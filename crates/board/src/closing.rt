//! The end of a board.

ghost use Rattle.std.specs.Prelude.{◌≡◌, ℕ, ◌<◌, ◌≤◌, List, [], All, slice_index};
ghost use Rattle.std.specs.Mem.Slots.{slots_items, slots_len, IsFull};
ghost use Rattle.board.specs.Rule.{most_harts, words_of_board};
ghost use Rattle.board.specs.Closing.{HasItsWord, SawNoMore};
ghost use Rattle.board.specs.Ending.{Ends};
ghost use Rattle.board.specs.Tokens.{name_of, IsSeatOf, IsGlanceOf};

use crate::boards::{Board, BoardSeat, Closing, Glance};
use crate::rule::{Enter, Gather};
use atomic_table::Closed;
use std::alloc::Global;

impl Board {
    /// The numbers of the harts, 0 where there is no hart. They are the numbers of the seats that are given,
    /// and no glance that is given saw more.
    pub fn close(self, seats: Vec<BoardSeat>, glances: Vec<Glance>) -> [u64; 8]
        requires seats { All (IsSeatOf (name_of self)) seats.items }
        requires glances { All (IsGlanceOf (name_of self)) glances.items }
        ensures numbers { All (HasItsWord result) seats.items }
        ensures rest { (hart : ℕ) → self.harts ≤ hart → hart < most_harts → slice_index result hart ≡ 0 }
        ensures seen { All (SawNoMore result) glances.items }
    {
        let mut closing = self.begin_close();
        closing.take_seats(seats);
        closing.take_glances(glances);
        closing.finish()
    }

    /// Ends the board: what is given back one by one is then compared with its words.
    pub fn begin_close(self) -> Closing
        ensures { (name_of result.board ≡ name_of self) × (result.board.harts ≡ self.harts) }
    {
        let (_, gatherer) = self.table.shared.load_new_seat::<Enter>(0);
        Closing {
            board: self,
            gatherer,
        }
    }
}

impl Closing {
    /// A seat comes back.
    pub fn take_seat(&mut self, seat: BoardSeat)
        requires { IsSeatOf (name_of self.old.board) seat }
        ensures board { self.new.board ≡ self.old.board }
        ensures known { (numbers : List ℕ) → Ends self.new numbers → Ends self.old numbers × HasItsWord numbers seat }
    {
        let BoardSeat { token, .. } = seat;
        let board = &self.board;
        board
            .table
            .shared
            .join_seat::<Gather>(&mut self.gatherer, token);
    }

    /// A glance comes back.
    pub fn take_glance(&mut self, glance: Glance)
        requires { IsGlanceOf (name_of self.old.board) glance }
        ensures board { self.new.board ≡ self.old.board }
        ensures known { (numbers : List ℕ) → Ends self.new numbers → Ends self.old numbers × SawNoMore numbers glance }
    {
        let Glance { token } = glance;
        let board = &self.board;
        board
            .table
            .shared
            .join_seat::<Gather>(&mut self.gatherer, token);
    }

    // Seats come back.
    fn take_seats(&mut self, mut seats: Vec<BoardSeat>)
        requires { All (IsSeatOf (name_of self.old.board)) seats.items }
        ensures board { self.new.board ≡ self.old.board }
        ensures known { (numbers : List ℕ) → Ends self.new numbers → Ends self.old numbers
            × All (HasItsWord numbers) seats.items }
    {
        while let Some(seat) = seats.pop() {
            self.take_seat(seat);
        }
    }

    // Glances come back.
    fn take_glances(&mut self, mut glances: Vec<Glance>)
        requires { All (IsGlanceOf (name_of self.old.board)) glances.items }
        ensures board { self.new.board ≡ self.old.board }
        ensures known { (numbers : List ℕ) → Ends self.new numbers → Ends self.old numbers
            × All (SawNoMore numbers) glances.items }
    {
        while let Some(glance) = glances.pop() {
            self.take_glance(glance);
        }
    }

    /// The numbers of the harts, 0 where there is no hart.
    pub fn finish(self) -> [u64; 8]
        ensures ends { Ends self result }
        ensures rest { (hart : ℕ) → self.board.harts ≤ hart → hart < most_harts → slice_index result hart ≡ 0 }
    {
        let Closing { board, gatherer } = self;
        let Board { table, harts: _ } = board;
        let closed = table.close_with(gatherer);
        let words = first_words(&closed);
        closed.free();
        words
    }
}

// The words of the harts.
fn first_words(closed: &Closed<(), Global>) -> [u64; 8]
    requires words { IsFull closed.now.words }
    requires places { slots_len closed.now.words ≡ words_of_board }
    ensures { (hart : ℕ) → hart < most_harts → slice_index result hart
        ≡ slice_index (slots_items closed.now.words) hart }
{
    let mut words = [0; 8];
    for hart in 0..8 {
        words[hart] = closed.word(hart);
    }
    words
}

:::::

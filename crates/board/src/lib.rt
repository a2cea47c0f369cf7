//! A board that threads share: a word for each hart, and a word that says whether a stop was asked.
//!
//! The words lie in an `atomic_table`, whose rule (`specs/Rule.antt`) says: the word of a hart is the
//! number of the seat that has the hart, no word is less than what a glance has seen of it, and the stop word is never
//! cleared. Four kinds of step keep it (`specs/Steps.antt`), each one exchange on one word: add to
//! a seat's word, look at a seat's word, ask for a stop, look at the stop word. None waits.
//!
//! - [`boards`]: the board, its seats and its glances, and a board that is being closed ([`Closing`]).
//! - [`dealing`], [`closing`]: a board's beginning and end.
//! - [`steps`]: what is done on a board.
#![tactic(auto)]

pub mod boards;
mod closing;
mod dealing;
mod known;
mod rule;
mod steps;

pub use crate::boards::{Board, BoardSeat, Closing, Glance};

:::::

Required action: Please give again the lines above between the line holding "(IsSeatOf (name_of self.old.board))" and the line holding "fn take_glances(&mut self, mut", inclusive, exactly as they are and with nothing added.

The answer:
        requires { All (IsSeatOf (name_of self.old.board)) seats.items }
        ensures board { self.new.board ≡ self.old.board }
        ensures known { (numbers : List ℕ) → Ends self.new numbers → Ends self.old numbers
            × All (HasItsWord numbers) seats.items }
    {
        while let Some(seat) = seats.pop() {
            self.take_seat(seat);
        }
    }

    // Glances come back.
    fn take_glances(&mut self, mut glances: Vec<Glance>)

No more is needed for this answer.